The BUAV Report has concluded:

• Extremely distressing, invasive and harmful experiments are being conducted on primates despite the ‘special protection’ afforded to them under UK legislation.

• Primates are still being used in experiments that are clearly frivolous or superfluous.

• Primates are being used where alternative approaches would better address the same or similar questions.

• Primates are often used to demonstrate the apparent validity of the research rather than illuminating new information directly related to humans. At times, researchers and their sponsors are choosing to validate new primate ‘models’ rather than develop alternatives to primates.
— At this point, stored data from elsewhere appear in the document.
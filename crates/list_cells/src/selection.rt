//! Which cells are selected, and the first cells that are or that hold some bytes.
ghost use Rattle.std.specs.Prelude.{◌≡◌, ◌<◌, ◌+◌, ◌*◌, None, Some, length, IfOk, IfErr, is_ok, if◌then◌else◌};
ghost use Rattle.std.specs.Option.{option_map, ForSome};
ghost use Rattle.std.specs.Str.{bytes_eq};
ghost use Rattle.tb_geom.specs.Refusals.{first_refusal};
ghost use Rattle.list_cells.specs.Blocks.{clicked_cell};
ghost use Rattle.list_cells.specs.Grids.{search_refusals, is_cell, content_of, cell_of, first_from, next_cell};
ghost use Rattle.list_cells.specs.Selections.{chosen_cell};

use crate::cell::Cell;
use crate::click::{ClickKeys, SelectionFlags};
use crate::content::{first_holding, first_selected};
use crate::list::{ListCells, MOST_TEXT};
use crate::selecting::select_cells;
use tb_geom::Refusal;

impl ListCells {
    /// Whether a cell is selected (LGetSelect). NoSuchCell exactly where the list has no such cell.
    pub fn is_selected(&self, cell: Cell) -> Result<bool, Refusal>
        ensures selected { IfOk result (λ selected. selected ≡ (content_of self.now cell).selected) }
        ensures found { is_ok result ≡ is_cell self.now cell }
        ensures refused { IfErr result (λ e. e ≡ Refusal.NoSuchCell) }
    {
        let place = self.place(cell)?;
        Ok(self.contents[place].is_selected())
    }

    /// The first selected cell from a cell on, by rows, itself included, if there is one (LGetSelect with its flag `next`).
    /// NoSuchCell exactly where the list has no such cell.
    pub fn first_selected(&self, from: Cell) -> Result<Option<Cell>, Refusal>
        ensures first { IfOk result (λ first. first ≡ first_from (λ c. c.selected) self.now from) }
        ensures found { is_ok result ≡ is_cell self.now from }
        ensures refused { IfErr result (λ e. e ≡ Refusal.NoSuchCell) }
    {
        let place = self.place(from)?;
        Ok(self.far_cell(place, first_selected(&self.contents[place..])))
    }

    /// The first cell from a cell on, by rows, itself included, that holds just these bytes, if there is one (LSearch).
    /// NoSuchCell where the list has no such cell, TooLong where the text is longer than 255 bytes.
    #[tactic(auto, unfolding(crate::specs::Grids::search_refusals))]
    pub fn search(&self, from: Cell, text: &[u8]) -> Result<Option<Cell>, Refusal>
        ensures first { IfOk result (λ first. first ≡ first_from (λ c. bytes_eq c.bytes text.now) self.now from) }
        ensures allowed { IfOk result (λ _. first_refusal (search_refusals self.now from (length text.now)) ≡ None) }
        ensures refused { IfErr result (λ e. first_refusal (search_refusals self.now from (length text.now)) ≡ Some e) }
    {
        let place = self.place(from)?;
        if text.len() > MOST_TEXT {
            return Err(Refusal::TooLong);
        }
        Ok(self.far_cell(place, first_holding(&self.contents[place..], text)))
    }

    /// The cell that lies so far behind a place, if there is one.
    fn far_cell(&self, place: usize, far: Option<usize>) -> Option<Cell>
        requires { ForSome far (λ far. place + far < self.now.rows * self.now.columns) }
        ensures { result ≡ option_map (λ far. cell_of self.now (place + far)) far }
    {
        match far {
            Some(far) => Some(self.cell_at(place, far)),
            None => None,
        }
    }

    /// The cell that lies so far behind a place.
    fn cell_at(&self, place: usize, far: usize) -> Cell
        requires { place + far < self.now.rows * self.now.columns }
        ensures { result ≡ cell_of self.now (place + far) }
    {
        let columns = self.columns;
        let place = place + far;
        Cell {
            column: (place % columns) as i32,
            row: (place / columns) as i32,
        }
    }

    /// The cell that follows a cell: by rows where both flags say so, in its row for the first flag alone and in its column for
    /// the second alone; none after the last one, and none for neither flag (LNextCell). NoSuchCell exactly where the list has
    /// no such cell.
    pub fn next_cell(&self, cell: Cell, across: bool, down: bool) -> Result<Option<Cell>, Refusal>
        ensures next { IfOk result (λ next. next ≡ next_cell self.now across down cell) }
        ensures found { is_ok result ≡ is_cell self.now cell }
        ensures refused { IfErr result (λ e. e ≡ Refusal.NoSuchCell) }
    {
        let _place = self.place(cell)?;
        Ok(match (across, down) {
            (true, true) => self.present(cell.right()).or(self.present(cell.next_row())),
            (true, false) => self.present(cell.right()),
            (false, true) => self.present(cell.below()),
            (false, false) => None,
        })
    }

    /// The cell, where the list has it.
    fn present(&self, cell: Cell) -> Option<Cell>
        ensures { result ≡ (if is_cell self.now cell then Some cell else None) }
    {
        match self.place(cell) {
            Ok(_) => Some(cell),
            Err(_) => None,
        }
    }

    /// Selects a cell, or deselects it (LSetSelect). Where `alone` says so and it is selected, all others are deselected.
    /// NoSuchCell exactly where the list has no such cell.
    pub fn select(&mut self, cell: Cell, selected: bool, alone: bool) -> Result<(), Refusal>
        ensures cells { self.new ≡ (if is_cell self.old cell
            then chosen_cell cell selected alone self.old else self.old) }
        ensures found { is_ok result ≡ is_cell self.old cell }
        ensures refused { IfErr result (λ e. e ≡ Refusal.NoSuchCell) }
    {
        let Some(selecting) = self.choosing(cell, selected, alone) else {
            return Err(Refusal::NoSuchCell);
        };
        select_cells(&mut self.contents, self.columns, selecting);
        Ok(())
    }

    /// Changes the selection as a click on a cell with these keys does (LClick), and answers whether the list has the cell.
    /// Where it has not, nothing changes.
    pub fn click(&mut self, cell: Cell, flags: SelectionFlags, keys: ClickKeys) -> bool
        ensures cells { self.new ≡ (if is_cell self.old cell then clicked_cell flags keys cell self.old else self.old) }
        ensures found { result ≡ is_cell self.old cell }
    {
        let Some(selecting) = self.clicking(cell, flags, keys) else {
            return false;
        };
        select_cells(&mut self.contents, self.columns, selecting);
        true
    }
}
Furthermore, surprisingly, 72% of the published experiments did not report where the primates came from, 85% did not explicitly state where the experiment was conducted and 46% did not state what happened to the primates at the end of the experiment; 22% did not even report the number of primates they had used.

Primates are highly intelligent beings with complex behavioural, social and psychological needs. Confining them to cages in laboratories, depriving them of most of their natural behaviours, and subjecting them to stressful environments and painful interventions causes significant suffering. There is growing concern about their use in experiments.
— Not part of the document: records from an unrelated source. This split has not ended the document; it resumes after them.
//! What a click on a cell does to the selection.
ghost use Rattle.std.specs.Prelude.{◌≡◌, ◌≢◌, ◌-ℤ◌, IfOk, IfErr, OnErr, pos, int_le, true, false, if◌then◌else◌};
ghost use Rattle.list_cells.specs.Clicks.{click_of, flags_number, keys_of};

use tb_geom::Refusal;

/// The modifier keys among an event's modifiers.
const COMMAND_KEY: u16 = 0x0100;

const SHIFT_KEY: u16 = 0x0200;

/// How cells are selected (*Inside Macintosh* IV, "The List Manager Package", "Cell Selection Algorithm").
#[derive(Clone, Copy, Debug, PartialEq, Eq)]
pub struct SelectionFlags {
    /// At most one cell is selected (lOnlyOne).
    pub only_one: bool,
    /// A click with the Shift key selects its cell alone (lNoExtend).
    pub no_extend: bool,
    /// A click with the Shift key on a selected cell deselects it (lUseSense).
    pub use_sense: bool,
    /// An empty cell is not highlighted (lNoNilHilite).
    pub no_nil_hilite: bool,
}

/// Which modifier keys are down while the mouse is clicked.
#[derive(Clone, Copy, Debug, PartialEq, Eq)]
pub struct ClickKeys {
    /// The Command key (cmdKey).
    pub command: bool,
    /// The Shift key (shiftKey).
    pub shift: bool,
}

/// What a click on a cell does to the selection.
#[derive(Clone, Copy, Debug, PartialEq, Eq)]
pub enum Click {
    /// The cell is selected, and no other.
    SelectsAlone,
    /// The cell is selected where it was not and deselected where it was; the others stay.
    Toggles,
    /// The cell is deselected; the others stay.
    Deselects,
    /// Every cell of the smallest rectangle that holds the cell and all selected ones is selected.
    Extends,
}

/// Whether a part was put into a sum, and what is left of the sum without it, where all smaller parts together are less.
fn without(sum: i32, part: i32) -> (bool, i32)
    requires part { int_le (pos 0) part ≡ true }
    ensures { result ≡ (if int_le part sum then (true, sum -ℤ part) else (false, sum)) }
{
    if part <= sum {
        (true, sum - part)
    } else {
        (false, sum)
    }
}

impl ClickKeys {
    /// Which keys are down by the modifiers of an event: cmdKey is 0x0100 and shiftKey 0x0200 (*Inside Macintosh* I, "The
    /// Toolbox Event Manager", "Event Records").
    pub fn of_modifiers(modifiers: u16) -> ClickKeys
        ensures { result ≡ keys_of modifiers }
    {
        ClickKeys {
            command: modifiers & COMMAND_KEY != 0,
            shift: modifiers & SHIFT_KEY != 0,
        }
    }
}

impl SelectionFlags {
    /// The flags whose sum a number is: lOnlyOne is -128, lNoExtend 16, lUseSense 4 and lNoNilHilite 2. OutOfRange exactly where
    /// it is no such sum.
    pub fn of_number(number: i32) -> Result<SelectionFlags, Refusal>
        ensures sum { IfOk result (λ flags. flags_number flags ≡ number) }
        ensures no_sum { OnErr result ((flags : SelectionFlags) → flags_number flags ≢ number) }
        ensures refused { IfErr result (λ e. e ≡ Refusal.OutOfRange) }
    {
        let only_one = number < 0;
        let rest = if only_one { number + 128 } else { number };
        let (no_extend, rest) = without(rest, 16);
        let (use_sense, rest) = without(rest, 4);
        let (no_nil_hilite, rest) = without(rest, 2);
        if rest != 0 {
            return Err(Refusal::OutOfRange);
        }
        Ok(SelectionFlags {
            only_one,
            no_extend,
            use_sense,
            no_nil_hilite,
        })
    }

    /// What a click on a cell does, where `selected` says whether the cell is selected (LClick): with lOnlyOne, or with neither
    /// key, the cell is selected alone. The Command key goes before the Shift key.
    pub fn click(self, keys: ClickKeys, selected: bool) -> Click
        ensures { result ≡ click_of self keys selected }
    {
        if self.only_one {
            Click::SelectsAlone
        } else if keys.command {
            Click::Toggles
        } else if !keys.shift {
            Click::SelectsAlone
        } else if self.use_sense && selected {
            Click::Deselects
        } else if self.no_extend {
            Click::SelectsAlone
        } else {
            Click::Extends
        }
    }
}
The BUAV Report lists examples of experiments, explains the problems of using primates in such research and discusses the alternatives. Examples of recent research carried out in the UK include:

1. Researchers at the MRC/University of Edinburgh Centre for Reproductive Biology carried out experiments to see if exposing unborn baby marmosets to phthalates via the mother would have effects on their sexual organs in early or later life. Pregnant female marmosets were force-fed high doses of phthalate during pregnancy. Some of their babies were then were killed at 1-5 days old while the remaining were killed at 18-21 months old. Studies of human populations have already looked at the effects of phthalates on development.
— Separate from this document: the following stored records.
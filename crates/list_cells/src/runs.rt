//! Rows of lines, which are rows or columns of a list.
ghost use Rattle.std.specs.Prelude.{◌≡◌, ◌≤◌, ◌+◌, ◌*◌, ◌<◌, IfOk, IfErr, IfSome, MatchResult, pos, nat_abs};
ghost use Rattle.std.specs.Prelude.{if◌then◌else◌, int_le, None, Some};
ghost use Rattle.tb_geom.specs.Refusals.{first_refusal};
ghost use Rattle.list_cells.specs.Runs.{is_count, is_side, new_refusals, add_refusals, delete_refusals, place_to_add, count_to_delete};

use tb_geom::Refusal;

/// How many rows, columns and cells a list may have, and how many are added or deleted at once.
pub(crate) const MOST: usize = 4096;

/// Lines that lie side by side: from which one on, and how many.
#[derive(Clone, Copy)]
pub(crate) struct Run {
    pub(crate) at: usize,
    pub(crate) count: usize,
}

/// The number, where it is not below 0.
pub(crate) fn natural(number: i32) -> Option<usize>
    ensures { result ≡ (if int_le (pos 0) number then Some (nat_abs number) else None) }
{
    match usize::try_from(number) {
        Ok(natural) => Some(natural),
        Err(_) => None,
    }
}

/// The number, where so many lines may be added or deleted at once.
fn counted(number: i32) -> Option<usize>
    ensures { result ≡ (if is_count number then Some (nat_abs number) else None) }
{
    match usize::try_from(number) {
        Ok(count) => if 1 <= count && count <= MOST {
            Some(count)
        } else {
            None
        },
        Err(_) => None,
    }
}

/// The number, where a new list may have so many columns or rows.
fn side(number: i32) -> Option<usize>
    ensures { result ≡ (if is_side number then Some (nat_abs number) else None) }
{
    match usize::try_from(number) {
        Ok(side) => if side <= MOST { Some(side) } else { None },
        Err(_) => None,
    }
}

/// The columns and the rows of a new list. OutOfRange where a number lies outside 0..=4096, TooMany where there would be more
/// than 4096 cells.
#[tactic(auto, unfolding(crate::specs::Runs::new_refusals))]
pub(crate) fn sides(columns: i32, rows: i32) -> Result<(usize, usize), Refusal>
    ensures { MatchResult result
        (λ sides. (first_refusal (new_refusals columns rows) ≡ None)
        × (sides ≡ (nat_abs columns, nat_abs rows))
        × (sides.0 ≤ 4096) × (sides.1 ≤ 4096) × (sides.1 * sides.0 ≤ 4096))
        (λ e. first_refusal (new_refusals columns rows) ≡ Some e) }
{
    let (Some(columns), Some(rows)) = (side(columns), side(rows)) else {
        return Err(Refusal::OutOfRange);
    };
    if rows * columns > MOST {
        return Err(Refusal::TooMany);
    }
    Ok((columns, rows))
}

impl Run {
    /// The lines that are added before one, or at the end, where there are `lines` with `across` cells each. NoSuchCell where
    /// `before` is below 0, OutOfRange where `count` is not in 1..=4096, TooMany where there would be more than 4096 lines or
    /// cells.
    #[tactic(auto, unfolding(crate::specs::Runs::add_refusals))]
    pub(crate) fn to_add(
        lines: usize,
        across: usize,
        count: i32,
        before: i32,
    ) -> Result<Run, Refusal>
        requires lines { lines ≤ 4096 }
        requires across { across ≤ 4096 }
        ensures { MatchResult result
            (λ run. (first_refusal (add_refusals lines across count before) ≡ None)
            × (run ≡ record { at = place_to_add lines before; count = nat_abs count })
            × (lines + run.count ≤ 4096) × ((lines + run.count) * across ≤ 4096))
            (λ e. first_refusal (add_refusals lines across count before) ≡ Some e) }
    {
        let Some(before) = natural(before) else {
            return Err(Refusal::NoSuchCell);
        };
        let Some(count) = counted(count) else {
            return Err(Refusal::OutOfRange);
        };
        if lines + count <= MOST && (lines + count) * across <= MOST {
            Ok(Run {
                at: before.min(lines),
                count,
            })
        } else {
            Err(Refusal::TooMany)
        }
    }

    /// The lines that are deleted from one on, of so many. NoSuchCell where there is none of the number `first`, OutOfRange
    /// where `count` is not in 1..=4096.
    #[tactic(auto, unfolding(crate::specs::Runs::delete_refusals))]
    pub(crate) fn to_delete(lines: usize, count: i32, first: i32) -> Result<Run, Refusal>
        requires { lines ≤ 4096 }
        ensures { MatchResult result
            (λ run. (first_refusal (delete_refusals lines count first) ≡ None)
            × (run ≡ record { at = nat_abs first; count = count_to_delete lines count first })
            × (run.at + run.count ≤ lines))
            (λ e. first_refusal (delete_refusals lines count first) ≡ Some e) }
    {
        let Some(first) = natural(first) else {
            return Err(Refusal::NoSuchCell);
        };
        if lines <= first {
            return Err(Refusal::NoSuchCell);
        }
        let Some(count) = counted(count) else {
            return Err(Refusal::OutOfRange);
        };
        Ok(Run {
            at: first,
            count: count.min(lines - first),
        })
    }
}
2. Researchers at the Health Protection Agency, Porton Down, looked at the benefits of a new imaging technique to determine the degree of lung damage caused by tuberculosis. Macaques were infected with the tuberculosis bacterium and observed for clinical signs. The monkeys became ill, showing a shortness of breath, loss of weight, cough and fever. Their chests were repeatedly tested with the new machine. Animals who did not die from the disease were killed at the end of the study (some 12-13 weeks later). There did not seem to be any scientific or ethical reason why this non-invasive machine could not have been assessed using human TB patients.

3. At the University of Oxford, researchers wanted to investigate whether the source of ‘afterimages’ is in the eye or in the brain. In this shocking experiment, they used two monkeys who were anaesthetised and then kept paralysed with a poison throughout the study. Their skulls were sawn open and electrodes were inserted into their brains to record brain activity. Their eyes were forced open and focused on images on a TV screen for testing. They were kept in this paralysed state for five continuous days during which they were kept alive through intravenous fluids. At the end of the experiment, the monkeys were killed. This study was apparently done to confirm data already obtained humanely from humans.

Dr Katy Taylor, BUAV’s Senior Science Advisor stated: “This review of published UK research shows how it is still far too easy to use primates in extremely cruel and destructive experiments, which are wasteful and even frivolous in their design. The legislation introduced 25 years ago designed to give primates ‘special protection’ is clearly failing. It is time to end this shocking abuse of nonhuman primates.”